My question concerns the comparison of durations of two Ito integrals. By duration I mean time elapsed between the origin and the first time that a process changes in absolute value by a specified threshold. For details, please see below.
For any given process $Z$, we put $Z^\star_t = \sup_{s \leq t} |Z_s|$ as the running supremum of $Z$.

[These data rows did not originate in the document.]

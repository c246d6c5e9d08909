//! Who tries plans.

/// The greatest number of workers of a sweep.
pub const MAX_WORKERS: usize = 16;
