//! Plans, what comes of them, and why there is no sweep of them: what those share who read plans, try them and tell of them.
//!
//! A [`Plan`] is a list of events, and its [`Outcome`] is what comes of them, with the [`Standings`] that they lead to. A
//! [`SweepFault`] says why plans aren't swept, and [`MAX_WORKERS`] how many may try them.
#![tactic(auto)]

mod fault;
mod plan;
mod workers;

pub use fault::SweepFault;
pub use plan::{Outcome, Plan, Standings};
pub use workers::MAX_WORKERS;
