//! Where both sets of rules answer the last boot of a cold start by the same lines, as a law: all nodes of a cluster wait for one another,
//! and come up when the last one begins. No program stands on it.
//!
//! It is a function without a body ([`last_boots_are_answered_in_some_order`]), whose contract is the law; its statement stands in `specs/`.
#![tactic(auto)]

mod laws;

pub use laws::last_boots_are_answered_in_some_order;
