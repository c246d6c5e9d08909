//! Plans, and what comes of them.

ghost use Rattle.std.specs.Prelude.{◌≡◌, ◌↔◌, IsTrue, IfOk};

use rh_base::{OutOfMemory, Str};
use rh_model::App;
use rh_rules::{Event, Refusal};
use rh_state::Standing;
use std::alloc::Global;
use std::marker::Model;
use std::sync::Arc;

/// Events that are tried one after the other, up to the first that is refused.
#[derive(Drop)]
pub struct Plan {
    /// What the plan is called, which has no effect. Several may be called the same.
    pub name: Str,
    /// The events, in order.
    pub events: Vec<Event>,
}

/// Distributed applications, and where each stands. Outcomes with equal standings share them.
#[derive(Drop)]
pub struct Standings {
    items: Arc<Vec<(App, Standing)>>,
}

/// Contracts see `Standings` as their list.
impl Model for Standings {
    ghost use Rattle.std.specs.Prelude.{List};
    ghost use Rattle.rh_model.specs.declared.node.App.{App};
    ghost use Rattle.rh_state.specs.declared.status.Standing.{Standing};

    ghost Value = { List (App × Standing) };

    ghost view = { λ s. s.items.value.items };
}

impl Standings {
    /// These standings.
    pub fn of(alloc: Global, items: Vec<(App, Standing)>) -> Result<Standings, OutOfMemory>
        ensures { IfOk result (λ standings. standings ≡ items.items) }
    {
        let items = Arc::new(alloc, items)?;
        Ok(Standings { items })
    }

    /// The standings.
    pub fn as_slice(&self) -> &[(App, Standing)]
        ensures { result.now ≡ self.now }
    {
        self.items.as_slice()
    }

    /// The same standings, which lie in memory once. The error says that there are too many who share them.
    pub fn share(&self) -> Result<Standings, OutOfMemory>
        ensures { IfOk result (λ copy. copy ≡ self.now) }
    {
        let items = Arc::try_clone(&self.items)?;
        Ok(Standings { items })
    }

    /// Whether the two are equal.
    pub fn same(&self, other: &Standings) -> bool
        ensures { IsTrue result ↔ (self.now ≡ other.now) }
    {
        are_same(self.as_slice(), other.as_slice())
    }
}

// Is it the same application, and does it stand at the same place?
fn is_same(this: &(App, Standing), that: &(App, Standing)) -> bool
    ensures { IsTrue result ↔ (this.now ≡ that.now) }
{
    this.0 == that.0 && this.1 == that.1
}

// Are these the same applications, which stand at the same places?
fn are_same(these: &[(App, Standing)], those: &[(App, Standing)]) -> bool
    ensures { IsTrue result ↔ (these.now ≡ those.now) }
{
    if these.len() != those.len() {
        return false;
    }
    'items: for (index, item) in these.iter().enumerate() {
        if !is_same(item, &those[index]) {
            return false;
        }
    }
    true
}

/// What comes of a plan: what one caller is told who makes its events, and where the applications stand then.
#[derive(Drop)]
pub struct Outcome {
    /// How many events were accepted.
    pub accepted: u32,
    /// The place of the refused event, counted from 0, and why it was refused. The plan ends there.
    pub refused: Option<(usize, Refusal)>,
    /// Where the distributed applications stand at the plan's end, in the order of the applications.
    pub standings: Standings,
    /// How often an application was started that was lost with another node.
    pub failovers: u128,
    /// How often one was started in place of one that ran at another node.
    pub takeovers: u128,
}

impl Outcome {
    /// This outcome, with the standings of an earlier one if they are equal, so that these lie in memory once.
    pub fn share_standings(self, earlier: Option<&Outcome>) -> Result<Outcome, OutOfMemory>
        ensures { IfOk result (λ outcome. outcome ≡ self) }
    {
        let mut outcome = self;
        if let Some(earlier) = earlier {
            if earlier.standings.same(&outcome.standings) {
                outcome.standings = earlier.standings.share()?;
            }
        }
        Ok(outcome)
    }
}
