//! Laws of the definitions of a step, of a report and of what is found in a step. Each function does nothing: its contract is the law.

ghost use Rattle.rh_laws.specs.Laws.{OnlyTheClockMoves, FailsOverInTime, PlacedAtBestNodes, OneAnswer, StartAllIsStarts, StopAllIsStops};
ghost use Rattle.rh_laws.specs.Reports.{DueWithinLimits, ReportTellsState};
ghost use Rattle.rh_laws.specs.Readiness.{ComesUpIfReady};

/// While no timer is due, a tick moves the clock alone, and tells nothing.
pub fn only_the_clock_moves()
    ensures { OnlyTheClockMoves }
{}

/// An application that was lost runs again behind a tick that reaches its timer, if a node of its list can run it then.
pub fn fails_over_in_time()
    ensures { FailsOverInTime }
{}

/// In each settling that the rules allow, a placement is at a best node of its moment.
pub fn placed_at_best_nodes()
    ensures { PlacedAtBestNodes }
{}

/// The rules allow one answer to a command exactly where both picks tell the same.
pub fn one_answer()
    ensures { OneAnswer }
{}

/// A start at all nodes comes to the same as a start at each node at which it is still to be started, and one settling behind them.
pub fn start_all_is_starts()
    ensures { StartAllIsStarts }
{}

/// A stop at all nodes comes to the same as a stop at each node at which the application is started, one command after the other.
pub fn stop_all_is_stops()
    ensures { StopAllIsStops }
{}

/// No step sets a timer that is due past the limits of time and of timeouts.
pub fn due_within_limits()
    ensures { DueWithinLimits }
{}

/// Two valid states of one cluster with one report are alike in all that a report shows.
pub fn report_tells_state()
    ensures { ReportTellsState }
{}

/// A node comes up at a boot, as findings of a step have it, exactly where the rules have it ready behind the boot's own change.
pub fn comes_up_if_ready()
    ensures { ComesUpIfReady }
{}
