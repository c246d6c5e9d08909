//! What processes send one another.

ghost use Rattle.std.specs.Prelude.{◌≡◌, IfOk};

use crate::fault::{Fault, Outcome};
use crate::flags::Flags;
use crate::process::Process;
use rh_base::{Duplicate, OutOfMemory};
use rh_model::{App, Dep, Group, Node, Restart};
use std::alloc::Global;

/// What dist_ac answers to the controller's request to start an application, `{ac_start_application_reply, App, What}`.
#[derive(Clone, Copy, Debug, PartialEq, Eq)]
pub enum Reply {
    /// Start it.
    StartIt,
    /// No node can run it: it counts as started.
    NotStarted,
    /// It runs at this node.
    Started(Node),
    /// Start it in place of the one at this node.
    Takeover(Node),
    /// It can't be started.
    Error(Fault),
}

/// What dist_ac wants of the controller, `{ac_change_application_req, App, What}`.
#[derive(Clone, Copy, Debug, PartialEq, Eq)]
pub enum Change {
    /// Start it.
    StartIt,
    /// Stop it.
    StopIt,
    /// It runs nowhere.
    NotRunning,
    /// It runs at this node.
    Started(Node),
    /// Take it over from this node, with this restart type.
    Takeover(Node, Option<Restart>),
    /// Start it in place of the one that was lost with this node.
    Failover(Node),
}

/// A message.
#[derive(Drop)]
pub enum Message {
    /// `{start_application, App, Type}` to the controller.
    Start(App, Restart, Process),
    /// `{stop_application, App}` to the controller.
    Stop(App, Process),
    /// `{permit_application, App, Bool}` to the controller.
    Permit(App, bool, Process),
    /// The application's top process is told to end, normally or not, and its application master ends with it.
    TopEnds(App, bool, Process),
    /// `{application_started, App, Result}` of the process that starts it; `None` is a success, else what it lacks.
    ApplicationStarted(App, Option<Dep>),
    /// `{ac_start_application_reply, App, What}` to the controller.
    Reply(App, Reply),
    /// `{ac_change_application_req, App, What}` to the controller.
    Change(App, Change),
    /// `{ac_start_application_req, App}` to dist_ac.
    StartRequest(App),
    /// `{ac_application_run, App, Result}` to dist_ac.
    Run(App, Option<Dep>),
    /// `{ac_application_not_run, App}` to dist_ac.
    NotRun(App),
    /// `{ac_application_stopped, App}` to dist_ac.
    Stopped(App),
    /// The node's wait for other nodes is over: `{go, KernelConfig}` to dist_ac.
    Go,
    /// `{dist_ac_new_node, Version, Node, Applications, Started}`: a node introduces itself, with the applications that it may run, and
    /// those that run there.
    NewNode(Node, Flags, Flags),
    /// `{dist_ac_app_started, Node, App, Result}`; `None` is a success, else what the start lacked.
    AppStarted(Node, App, Option<Dep>),
    /// `{dist_ac_app_stopped, App}`
    AppStopped(App),
    /// `{dist_ac_weight, App, Weight, Node}`
    Weight(App, u32, Node),
    /// `{nodedown, Node}`
    NodeDown(Node),
    /// `{internal_restart_appl, App}`, with the number of the loss for which the timer was set.
    RestartAppl(App, u32),
    /// `{dist_ac_new_permission, Node, App, Bool, IsHisApp}`
    NewPermission(Node, App, bool, bool),
    /// `{takeover_application, App, Type}`, a call of dist_ac.
    TakeOver(App, Restart, Process),
    /// `{permit_application, App, Bool, LockId, started}`, a call of dist_ac; the last flag but one says that it is `only_loaded`.
    PermitDistributed(App, bool, bool, Process),
    /// `{get_nodes, App}`, a call of dist_ac.
    GetNodes(App, Process),
    /// The answer to it: nodes of the application's list.
    Nodes(Group),
    /// The answer to any other call.
    Answer(Outcome),
    /// `{nodeup, Node}` to kernel_config.
    NodeUp(Node),
    /// The end of `sync_nodes_timeout`, to kernel_config.
    Timeout,
    /// The controller of a node has ended, and the node ends with it.
    Ends,
}

impl Duplicate for Message {
    // Only what a node tells of itself, and lists of nodes, lie in memory.
    fn copy(&self, alloc: Global) -> Result<Message, OutOfMemory>
        ensures { IfOk result (λ copy. copy ≡ self.now) }
    {
        Ok(match self {
            Message::Start(app, restart, caller) => Message::Start(*app, *restart, *caller),
            Message::Stop(app, caller) => Message::Stop(*app, *caller),
            Message::Permit(app, allow, caller) => Message::Permit(*app, *allow, *caller),
            Message::TopEnds(app, is_normal, caller) => Message::TopEnds(*app, *is_normal, *caller),
            Message::ApplicationStarted(app, error) => Message::ApplicationStarted(*app, *error),
            Message::Reply(app, what) => Message::Reply(*app, *what),
            Message::Change(app, what) => Message::Change(*app, *what),
            Message::StartRequest(app) => Message::StartRequest(*app),
            Message::Run(app, error) => Message::Run(*app, *error),
            Message::NotRun(app) => Message::NotRun(*app),
            Message::Stopped(app) => Message::Stopped(*app),
            Message::Go => Message::Go,
            Message::NewNode(node, allowed, started) => {
                Message::NewNode(*node, allowed.share()?, started.share()?)
            }
            Message::AppStarted(node, app, error) => Message::AppStarted(*node, *app, *error),
            Message::AppStopped(app) => Message::AppStopped(*app),
            Message::Weight(app, weight, node) => Message::Weight(*app, *weight, *node),
            Message::NodeDown(node) => Message::NodeDown(*node),
            Message::RestartAppl(app, loss) => Message::RestartAppl(*app, *loss),
            Message::NewPermission(node, app, allow, is_his) => {
                Message::NewPermission(*node, *app, *allow, *is_his)
            }
            Message::TakeOver(app, restart, caller) => Message::TakeOver(*app, *restart, *caller),
            Message::PermitDistributed(app, allow, only_loaded, caller) => {
                Message::PermitDistributed(*app, *allow, *only_loaded, *caller)
            }
            Message::GetNodes(app, caller) => Message::GetNodes(*app, *caller),
            Message::Nodes(nodes) => Message::Nodes(nodes.copy(alloc)?),
            Message::Answer(outcome) => Message::Answer(*outcome),
            Message::NodeUp(node) => Message::NodeUp(*node),
            Message::Timeout => Message::Timeout,
            Message::Ends => Message::Ends,
        })
    }
}
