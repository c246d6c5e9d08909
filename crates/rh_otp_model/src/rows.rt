//! Rows by application, as the lists of OTP's processes have them: what is new stands in front.

ghost use Rattle.std.specs.Prelude.{◌≡◌, position, OnOk};
ghost use Rattle.rh_otp_model.specs.Rows.{is_of, has_row, keyfind, keydelete, keyreplace, keystore, without_rows, without};

use rh_base::OutOfMemory;
use rh_model::App;

// The place of the first row of an application.
fn place_of<T>(rows: &[(App, T)], app: App) -> Option<usize>
    ensures { result ≡ position (is_of app) rows.now }
{
    rows.iter().position(|row| row.0.0 == app.0)
}

/// The first row of an application, if it has one (lists:keyfind/3).
pub fn key_find<T: Copy>(rows: &[(App, T)], app: App) -> Option<T>
    ensures { result ≡ keyfind app rows.now }
{
    let place = place_of(rows, app)?;
    Some(rows[place].1)
}

/// Without the first row of an application (lists:keydelete/3).
pub fn key_delete<T: Drop>(rows: &mut Vec<(App, T)>, app: App)
    ensures { rows.new.items ≡ keydelete app rows.old.items }
{
    if let Some(place) = place_of(rows.as_slice(), app) {
        let _row = rows.remove(place);
    }
}

/// With this row in place of the application's first one, or in front where it has none (keyreplaceadd/4).
pub fn key_store<T: Drop>(rows: &mut Vec<(App, T)>, app: App, value: T) -> Result<(), OutOfMemory>
    ensures { OnOk result (rows.new.items ≡ keystore app value rows.old.items) }
{
    match place_of(rows.as_slice(), app) {
        Some(place) => {
            rows[place] = (app, value);
            Ok(())
        }
        None => {
            rows.insert(0, (app, value))?;
            Ok(())
        }
    }
}

/// With another value in the application's first row, if it has one (lists:keyreplace/4).
pub fn key_replace<T: Drop>(rows: &mut Vec<(App, T)>, app: App, value: T)
    ensures { rows.new.items ≡ keyreplace app value rows.old.items }
{
    if let Some(place) = place_of(rows.as_slice(), app) {
        rows[place] = (app, value);
    }
}

/// Is there a row of the application (lists:keymember/3)?
pub fn has_row<T: Copy>(rows: &[(App, T)], app: App) -> bool
    ensures { result ≡ has_row app rows.now }
{
    key_find(rows, app).is_some()
}

/// Without all rows of an application.
pub fn drop_rows<T: Drop>(rows: &mut Vec<(App, T)>, app: App)
    ensures { rows.new.items ≡ without_rows app rows.old.items }
{
    rows.retain(|row| row.0.0 != app.0);
}

/// Without an application.
pub fn drop_app(apps: &mut Vec<App>, app: App)
    ensures { apps.new.items ≡ without app apps.old.items }
{
    apps.retain(|other| other.0 != app.0);
}
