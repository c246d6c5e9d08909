//! The law. The function does nothing: its contract is the law.

ghost use Rattle.rh_agreement_colds.specs.Colds.{LastBootsAreAnsweredInSomeOrder};

/// Where both are at rest, and have room for a step, the last boot of a cold start is answered by both by `ok` and the same lines, in some
/// order: each node comes up, what it boots starts there or waits there, and nothing else happens. It leads to what is told alike, and both
/// are at rest again.
pub fn last_boots_are_answered_in_some_order()
    ensures { LastBootsAreAnsweredInSomeOrder }
{}
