//! Which applications, of all.

ghost use Rattle.std.specs.Prelude.{◌≡◌, ◌≤◌, IfOk, false, length, slice_set, replicate};
ghost use Rattle.rh_otp_model.specs.Flags.{flag, has_any};

use rh_base::OutOfMemory;
use rh_model::{App, MAX_APPS};
use std::alloc::Global;
use std::marker::Model;
use std::sync::Arc;

/// For each application, by its number, yes or no. Copies share their memory.
#[derive(Drop)]
pub struct Flags {
    items: Arc<Vec<bool>>,
}

/// Contracts see `Flags` as their list.
impl Model for Flags {
    ghost use Rattle.std.specs.Prelude.{◌≤◌, length, List, Bool};
    ghost use Rattle.rh_model.specs.declared.limits.TheConstants.{MAX_APPS};

    ghost Value = { List Bool };

    ghost view = { λ f. f.items.value.items };

    ghost invariant = { λ f. length f.items.value.items ≤ MAX_APPS };
}

impl Flags {
    /// These.
    pub fn of(alloc: Global, items: Vec<bool>) -> Result<Flags, OutOfMemory>
        requires { length items.items ≤ MAX_APPS }
        ensures { IfOk result (λ flags. flags ≡ items.items) }
    {
        let items = Arc::new(alloc, items)?;
        Ok(Flags { items })
    }

    /// As many, none of which is set.
    pub fn none(alloc: Global, count: usize) -> Result<Flags, OutOfMemory>
        requires { count ≤ MAX_APPS }
        ensures { IfOk result (λ flags. flags ≡ replicate count false) }
    {
        Flags::of(alloc, vec![in alloc; false; count]?)
    }

    /// As a list.
    pub fn as_slice(&self) -> &[bool]
        ensures flags { result.now ≡ self.now }
        ensures few { length result.now ≤ MAX_APPS }
    {
        self.items.as_slice()
    }

    /// The same, in the same memory. The error says that there are too many who share it.
    pub fn share(&self) -> Result<Flags, OutOfMemory>
        ensures { IfOk result (λ flags. flags ≡ self.now) }
    {
        let items = Arc::try_clone(&self.items)?;
        Ok(Flags { items })
    }

    /// Is the application's set? One that isn't among them has none.
    pub fn has(&self, app: App) -> bool
        ensures { result ≡ flag self.now app }
    {
        self.as_slice()
            .get(app.0 as usize)
            .copied()
            .unwrap_or(false)
    }

    /// Is any set?
    pub fn has_any(&self) -> bool
        ensures { result ≡ has_any self.now }
    {
        self.as_slice().iter().any(|set| *set)
    }

    /// With the application's set or not, in memory of its own.
    pub fn with(&self, alloc: Global, app: App, set: bool) -> Result<Flags, OutOfMemory>
        ensures { IfOk result (λ flags. flags ≡ slice_set self.now app.0 set) }
    {
        let mut items = Vec::from_slice(alloc, self.as_slice())?;
        if (app.0 as usize) < items.len() {
            items[app.0 as usize] = set;
        }
        Flags::of(alloc, items)
    }
}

In the sequel we let $W$ denote a standard Wiener process. Define $X=\sigma_1W$ and $Y=\sigma_2W$, where $\sigma_1 > \sigma_2$ are strictly positive nonrandom real numbers. It's easy to see $X^\star > Y^\star$ (up to an evanescent set). If we define two stopping times $S = \inf\{t:|X_t|>\alpha\}$ and $T = \inf\{t:|Y_t|>\alpha\}$, where $\alpha$ is a positive real number, then for any given $t>0$, $P(S \leq t) \geq P(T \leq t)$ .
Now comes my question: say $\sigma_1$ and $\sigma_2$ are no longer two constants, but two stochastic processes. Define $X = \sigma_1 \cdot W$ and $Y = \sigma_2 \cdot W$, namely they are Ito integrals. Suppose $\sigma_1 > \sigma_2$ except on an evanescent set (that is, on most all paths, $\sigma_{1,t} > \sigma_{2,t}$ for all $t$). In this case, can we still conclude that $X^\star > Y^\star$? If not, can we deduce the weaker conclusion, that is, with $S$ and $T$ defined as above, for any $t>0$, $P(S \leq t) \geq P(T \leq t)$?
Any help will be greatly appreciated!